– Ну окей тогда.
И просто отхожу, оставляя Рождественскую и дальше вышагивать по своей ровной белой полосе на полу.
Кто придумал этот дурацкий ритуал во время игры в баскетбол? Когда девчонки садятся в рядок на скамейке, а парни отдают им свои пропахшие потом толстовки, как будто проявляют этим милость. Такой знак типа «я тащусь от тебя». И девчонки берут их, кладут к себе на колени и сидят, наблюдая за матчем. И на лице у каждой написано что-то вроде «меня выбрали». Кто придумал этот идиотский ритуал? И почему сейчас я, стянув через голову кофту, бросаю её Рождественской?
Знаю, что ловит её скорее инстинктивно. Знаю, что смотрит на мои испещрённые чернилами руки, теперь открытые до плеч. И ничего не говорит – только прищуривается вопросительно, когда встречаемся глазами. Но толстовку не отбрасывает, хотя могла бы. Устраивает её на коленях, предварительно аккуратно сложив.
А потом я отключаюсь от этих декораций и погружаюсь в то, что вдруг становится особенно важным – игру. Потому что она смотрит. Смотрит с интересом, держа на коленях мою светлую спортивную кофту как знак того, что я принадлежу Соне, а она принадлежит мне. Какая херня…
На меня не пасуют. Саврасов намеренно держит мяч дольше положенного. Пробежка, которую не фиксирует физрук в который раз, начинает злить.
– Сэм! Я открыт! – кричу Семёну, но тот намеренно бросает по кольцу сам, хотя под ним до хера тех, кто с лёгкостью отбивает этот мяч.
Я никогда не бросался в гущу событий. Никогда не вступал в эти идиотские мини-команды по баскетболу, волейболу и бог весть ещё какому -болу. Потому что заранее знал исход. Не стал бы делать этого и сейчас, если бы не Рождественская.
И она отвечает тем же. Вдруг поднимается со скамейки, повязывает мою толстовку на шведскую стенку белым флагом капитуляции и… совершенно неожиданно для всех вступает в игру.

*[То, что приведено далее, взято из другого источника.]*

// A host that takes few bytes at a time.
ghost use Rattle.std.specs.Prelude.{◌≡◌, ◌<◌, ◌≤◌, length, IsTrue, IfOk, OnOk, OnErr};
ghost use Rattle.std.specs.Io.KnownBytes.{IsAtEnd};
ghost use Rattle.ix_base.specs.declared.role.Kind.TheVariants.{Reading, Writing};
ghost use Rattle.ix_base.specs.Role.{kind_of, IsRead, IsWritten};
ghost use Rattle.ix_base.specs.Host.{Rose, Attaches, Reads, Writes, front};

use super::*;
use crate::outputs::{Output, deliver};
use ix_base::{Failed, Host};

// A host in memory that takes at most seven bytes in one call.
#[derive(Drop)]
struct ShortHost {
    memory: MemHost,
}

impl Host for ShortHost {
    ghost use Rattle.ix_base.specs.Mem.{mem_state};

    ghost state = { λ h. mem_state h.memory };

    fn attach(&mut self, role: Role, name: &str) -> Result<(), Failed> {
        self.memory.attach(role, name)
    }

    fn read(&mut self, role: Role, buf: &mut [u8]) -> Result<usize, Failed> {
        self.memory.read(role, buf)
    }

    fn write(&mut self, role: Role, bytes: &[u8]) -> Result<usize, Failed> {
        self.memory.write(role, &bytes[..bytes.len().min(7)])
    }
}

// A play's files for this test.
const WHOLE: (&[u8], &[u8]) = (b"one and twenty bytes.", b"thirty bytes of a trace, or so");

// How many bytes of the two files are written where the call with this number fails. Each file is prepared by one call; the replies are written
// by three, the trace by five. There is no call 10.
const FRONTS: [(usize, usize); 11] = [
    (0, 0),
    (0, 0),
    (7, 0),
    (14, 0),
    (21, 0),
    (21, 0),
    (21, 7),
    (21, 14),
    (21, 21),
    (21, 28),
    (21, 30),
];

#[test]
fn short_writes_leave_fronts(rt: HostRuntime) -> Result<(), Fail> {
    let alloc = rt.alloc();
    for (number, (replies, trace)) in FRONTS.iter().enumerate() {
        let memory = host(alloc, b"", b"", b"", ROOM, &[number as u64])?;
        let mut short = ShortHost { memory };
        let output = Output {
            replies: Bytes::from_slice(alloc, WHOLE.0)?,
            trace: Bytes::from_slice(alloc, WHOLE.1)?,
        };
        let delivered = deliver(&mut short, "replies", "trace", &output);
        assert!(rt; delivered.is_ok() == (number == 10), "at {number}");
        let written = short.memory.written(Role::Replies);
        assert!(rt; WHOLE.0.starts_with(written), "at {number}");
        assert!(rt; written.len() == *replies, "at {number}");
        let written = short.memory.written(Role::Trace);
        assert!(rt; WHOLE.1.starts_with(written), "at {number}");
        assert!(rt; written.len() == *trace, "at {number}");
    }
    Ok(())
}

#[test]
fn short_writes_make_whole_files(rt: HostRuntime) -> Result<(), Fail> {
    let alloc = rt.alloc();
    let memory = host(alloc, CONF, CAPTURE, SCRIPT, ROOM, &[])?;
    let mut short = ShortHost { memory };
    let status = ix(&rt, alloc, &words(alloc, &PLAY)?, &mut short, &Open);
    assert_eq!(rt; status, Status::Done);
    assert_eq!(rt; short.memory.written(Role::Replies), REPLIES);
    assert!(rt; short.memory.written(Role::Trace).ends_with(TRACE_END));
    Ok(())
}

Пару сальных шуточек в её адрес я пропускаю мимо ушей. Соня неплохо играет, двигается быстро и даже раз перехватывает передачу, устремляясь к воротам нашего противника. И да – противник у нас с ней один, она сама этого захотела.
Долговязый Бурдасов врезается в неё с такой силой, что у меня не остаётся сомнений – он сделал это намеренно. Демоны внутри взвывают в едином порыве. Убить… Или покалечить. Неважно. Важна лишь цель – лицо Бурдасова, на которого я бросаюсь, хватая его за шкирку и прижимая к земле.
– Извинился перед ней быстро, сука, – цежу слова сквозь зубы, а взгляд, которым окидываю бросившихся было к нам одноклассников, наверное, такой безумный, что ни один из этих трусов не делает лишнего шага. Бурдасов выше меня и шире в плечах, но сейчас это неважно. Я крепче вцепляюсь в ткань его майки, которая трещит под моими пальцами, силком подтаскиваю к Рождественской. Она даже не успела подняться на ноги, и теперь – тоже с ужасом – смотрит на меня и Бурдасова, сидя на полу.
– Дима, не надо… Всё в порядке, – шепчет едва слышно, или это я ни черта не могу разобрать в её словах. А всё потому, что в ушах колотится пульсом сжигающая всё на своём пути чёрная ярость. И демоны уже празднуют победу, ликуя и требуя новой крови.
– Ни х*я не в порядке. Извиняйся.
Бурдасов лепечет что-то невразумительное, что слышу сквозь пелену ярости и шепотки за спиной. Но ко второму я давно привык.
– Дима, он извинился, отпусти его, пожалуйста!
В голосе Сони слышны умоляющие нотки. Она напугана не меньше Семёна, который застыл в моих руках. Вот чёрт! Трижды чёрт!!! Я ведь совершенно не планировал срываться.
– Ещё раз кто её тронет – убью, – обещаю в пустоту, отпуская несчастного Бурдасова и отряхивая руки, будто испачкался в дерьме.